Exactly as given, write out all the entries again.

[Start of Attachment]

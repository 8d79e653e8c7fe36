//! What a recorder does with a pass of the state that it shares: a series is registered, and lent.

ghost use Rattle.std.specs.Prelude.{◌≡◌, IfOk, OnErr};
ghost use Rattle.metrics_core.specs.declared.kinds.MetricKind.TheVariants as kinds;
ghost use Rattle.shared_turns.specs.Passes.{view_of};
ghost use Rattle.shared_flushes.specs.Passes.{IsPass};
ghost use Rattle.dsd_exporter.specs.Lending.{LendsCounter, LendsGauge, LendsHistogram};
ghost use Rattle.dsd_forwarder.specs.Registering.{HandsOut, MayRegister, IsHandedCounter, IsHandedGauge, IsHandedHistogram, IsLoneCounter, IsLoneGauge, IsLoneHistogram};

use dsd_exporter::Lent;
use flushed_cells::{CounterPass, DsdCounter, DsdGauge, GaugePass};
use metrics_core::{Fixed, Key, Memory, MetricKind, SeriesId};
use sample_queue::{DsdHistogram, SamplePass, SampleQueue};
use shared_flushes::{SharedState, StatePass};
use std::alloc::Global;
use std::sync::{Arc, Wait};

/// A counter that stands in no state, with its only pass.
fn lone_counter(alloc: Global, id: SeriesId) -> Result<Lent<Arc<DsdCounter>, CounterPass>, Memory>
    ensures { IfOk result (IsLoneCounter id) }
{
    let (counter, pass) = DsdCounter::new(alloc)?;
    Ok(Lent {
        handle: Arc::new(alloc, counter)?,
        pass,
        id,
    })
}

/// A gauge that stands in no state, with its only pass.
fn lone_gauge(alloc: Global, id: SeriesId) -> Result<Lent<Arc<DsdGauge>, GaugePass>, Memory>
    ensures { IfOk result (IsLoneGauge id) }
{
    let (gauge, pass) = DsdGauge::new(alloc)?;
    Ok(Lent {
        handle: Arc::new(alloc, gauge)?,
        pass,
        id,
    })
}

/// A histogram that stands in no state, with its only pass.
fn lone_histogram(
    alloc: Global,
    id: SeriesId,
) -> Result<Lent<Arc<DsdHistogram>, SamplePass<Fixed>>, Memory>
    ensures { IfOk result (IsLoneHistogram id) }
{
    let (histogram, pass) = SampleQueue::new(alloc)?;
    Ok(Lent {
        handle: Arc::new(alloc, histogram)?,
        pass,
        id,
    })
}

/// Registers a counter with a pass, as `SharedState::register` does, and lends it. Where no series could be made for it, past 2^64 - 1
/// series, what is lent stands in no state. Where lending is refused the series stays registered.
pub(crate) fn register_counter<R: Wait>(
    rt: &R,
    alloc: Global,
    state: &SharedState,
    pass: &mut StatePass,
    key: &Key,
) -> Result<Lent<Arc<DsdCounter>, CounterPass>, Memory>
    requires { IsPass state.now pass.old }
    ensures pass { IsPass state.now pass.new }
    ensures handed { IfOk result IsHandedCounter }
    ensures given { IfOk result (λ lent.
        HandsOut kinds.Counter LendsCounter IsLoneCounter key.now lent (view_of pass.old)
        (view_of pass.new)) }
    ensures refused { OnErr result (MayRegister kinds.Counter key.now (view_of pass.old)
        (view_of pass.new)) }
    ensures number { (view_of pass.new).number ≡ (view_of pass.old).number }
{
    let id = state.register(rt, alloc, pass, MetricKind::Counter, key)?;
    match state.lend_counter(rt, alloc, pass, id)? {
        Some(lent) => Ok(lent),
        None => lone_counter(alloc, id),
    }
}

/// Registers a gauge with a pass and lends it, as `register_counter` does a counter.
pub(crate) fn register_gauge<R: Wait>(
    rt: &R,
    alloc: Global,
    state: &SharedState,
    pass: &mut StatePass,
    key: &Key,
) -> Result<Lent<Arc<DsdGauge>, GaugePass>, Memory>
    requires { IsPass state.now pass.old }
    ensures pass { IsPass state.now pass.new }
    ensures handed { IfOk result IsHandedGauge }
    ensures given { IfOk result (λ lent.
        HandsOut kinds.Gauge LendsGauge IsLoneGauge key.now lent (view_of pass.old)
        (view_of pass.new)) }
    ensures refused { OnErr result (MayRegister kinds.Gauge key.now (view_of pass.old)
        (view_of pass.new)) }
    ensures number { (view_of pass.new).number ≡ (view_of pass.old).number }
{
    let id = state.register(rt, alloc, pass, MetricKind::Gauge, key)?;
    match state.lend_gauge(rt, alloc, pass, id)? {
        Some(lent) => Ok(lent),
        None => lone_gauge(alloc, id),
    }
}

/// Registers a histogram with a pass and lends it, as `register_counter` does a counter.
pub(crate) fn register_histogram<R: Wait>(
    rt: &R,
    alloc: Global,
    state: &SharedState,
    pass: &mut StatePass,
    key: &Key,
) -> Result<Lent<Arc<DsdHistogram>, SamplePass<Fixed>>, Memory>
    requires { IsPass state.now pass.old }
    ensures pass { IsPass state.now pass.new }
    ensures handed { IfOk result IsHandedHistogram }
    ensures given { IfOk result (λ lent.
        HandsOut kinds.Histogram LendsHistogram IsLoneHistogram key.now lent (view_of pass.old)
        (view_of pass.new)) }
    ensures refused { OnErr result (MayRegister kinds.Histogram key.now (view_of pass.old)
        (view_of pass.new)) }
    ensures number { (view_of pass.new).number ≡ (view_of pass.old).number }
{
    let id = state.register(rt, alloc, pass, MetricKind::Histogram, key)?;
    match state.lend_histogram(rt, alloc, pass, id)? {
        Some(lent) => Ok(lent),
        None => lone_histogram(alloc, id),
    }
}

[End of Attachment]

**Response for this exercise**
repository 8d79e653e8c7fe36
//! What a recorder does with a pass of the state that it shares: a series is registered, and lent.

ghost use Rattle.std.specs.Prelude.{◌≡◌, IfOk, OnErr};
ghost use Rattle.metrics_core.specs.declared.kinds.MetricKind.TheVariants as kinds;
ghost use Rattle.shared_turns.specs.Passes.{view_of};
ghost use Rattle.shared_flushes.specs.Passes.{IsPass};
ghost use Rattle.dsd_exporter.specs.Lending.{LendsCounter, LendsGauge, LendsHistogram};
ghost use Rattle.dsd_forwarder.specs.Registering.{HandsOut, MayRegister, IsHandedCounter, IsHandedGauge, IsHandedHistogram, IsLoneCounter, IsLoneGauge, IsLoneHistogram};

use dsd_exporter::Lent;
use flushed_cells::{CounterPass, DsdCounter, DsdGauge, GaugePass};
use metrics_core::{Fixed, Key, Memory, MetricKind, SeriesId};
use sample_queue::{DsdHistogram, SamplePass, SampleQueue};
use shared_flushes::{SharedState, StatePass};
use std::alloc::Global;
use std::sync::{Arc, Wait};

/// A counter that stands in no state, with its only pass.
fn lone_counter(alloc: Global, id: SeriesId) -> Result<Lent<Arc<DsdCounter>, CounterPass>, Memory>
    ensures { IfOk result (IsLoneCounter id) }
{
    let (counter, pass) = DsdCounter::new(alloc)?;
    Ok(Lent {
        handle: Arc::new(alloc, counter)?,
        pass,
        id,
    })
}

/// A gauge that stands in no state, with its only pass.
fn lone_gauge(alloc: Global, id: SeriesId) -> Result<Lent<Arc<DsdGauge>, GaugePass>, Memory>
    ensures { IfOk result (IsLoneGauge id) }
{
    let (gauge, pass) = DsdGauge::new(alloc)?;
    Ok(Lent {
        handle: Arc::new(alloc, gauge)?,
        pass,
        id,
    })
}

/// A histogram that stands in no state, with its only pass.
fn lone_histogram(
    alloc: Global,
    id: SeriesId,
) -> Result<Lent<Arc<DsdHistogram>, SamplePass<Fixed>>, Memory>
    ensures { IfOk result (IsLoneHistogram id) }
{
    let (histogram, pass) = SampleQueue::new(alloc)?;
    Ok(Lent {
        handle: Arc::new(alloc, histogram)?,
        pass,
        id,
    })
}

/// Registers a counter with a pass, as `SharedState::register` does, and lends it. Where no series could be made for it, past 2^64 - 1
/// series, what is lent stands in no state. Where lending is refused the series stays registered.
pub(crate) fn register_counter<R: Wait>(
    rt: &R,
    alloc: Global,
    state: &SharedState,
    pass: &mut StatePass,
    key: &Key,
) -> Result<Lent<Arc<DsdCounter>, CounterPass>, Memory>
    requires { IsPass state.now pass.old }
    ensures pass { IsPass state.now pass.new }
    ensures handed { IfOk result IsHandedCounter }
    ensures given { IfOk result (λ lent.
        HandsOut kinds.Counter LendsCounter IsLoneCounter key.now lent (view_of pass.old)
        (view_of pass.new)) }
    ensures refused { OnErr result (MayRegister kinds.Counter key.now (view_of pass.old)
        (view_of pass.new)) }
    ensures number { (view_of pass.new).number ≡ (view_of pass.old).number }
{
    let id = state.register(rt, alloc, pass, MetricKind::Counter, key)?;
    match state.lend_counter(rt, alloc, pass, id)? {
        Some(lent) => Ok(lent),
        None => lone_counter(alloc, id),
    }
}

/// Registers a gauge with a pass and lends it, as `register_counter` does a counter.
pub(crate) fn register_gauge<R: Wait>(
    rt: &R,
    alloc: Global,
    state: &SharedState,
    pass: &mut StatePass,
    key: &Key,
) -> Result<Lent<Arc<DsdGauge>, GaugePass>, Memory>
    requires { IsPass state.now pass.old }
    ensures pass { IsPass state.now pass.new }
    ensures handed { IfOk result IsHandedGauge }
    ensures given { IfOk result (λ lent.
        HandsOut kinds.Gauge LendsGauge IsLoneGauge key.now lent (view_of pass.old)
        (view_of pass.new)) }
    ensures refused { OnErr result (MayRegister kinds.Gauge key.now (view_of pass.old)
        (view_of pass.new)) }
    ensures number { (view_of pass.new).number ≡ (view_of pass.old).number }
{
    let id = state.register(rt, alloc, pass, MetricKind::Gauge, key)?;
    match state.lend_gauge(rt, alloc, pass, id)? {
        Some(lent) => Ok(lent),
        None => lone_gauge(alloc, id),
    }
}

/// Registers a histogram with a pass and lends it, as `register_counter` does a counter.
pub(crate) fn register_histogram<R: Wait>(
    rt: &R,
    alloc: Global,
    state: &SharedState,
    pass: &mut StatePass,
    key: &Key,
) -> Result<Lent<Arc<DsdHistogram>, SamplePass<Fixed>>, Memory>
    requires { IsPass state.now pass.old }
    ensures pass { IsPass state.now pass.new }
    ensures handed { IfOk result IsHandedHistogram }
    ensures given { IfOk result (λ lent.
        HandsOut kinds.Histogram LendsHistogram IsLoneHistogram key.now lent (view_of pass.old)
        (view_of pass.new)) }
    ensures refused { OnErr result (MayRegister kinds.Histogram key.now (view_of pass.old)
        (view_of pass.new)) }
    ensures number { (view_of pass.new).number ≡ (view_of pass.old).number }
{
    let id = state.register(rt, alloc, pass, MetricKind::Histogram, key)?;
    match state.lend_histogram(rt, alloc, pass, id)? {
        Some(lent) => Ok(lent),
        None => lone_histogram(alloc, id),
    }
}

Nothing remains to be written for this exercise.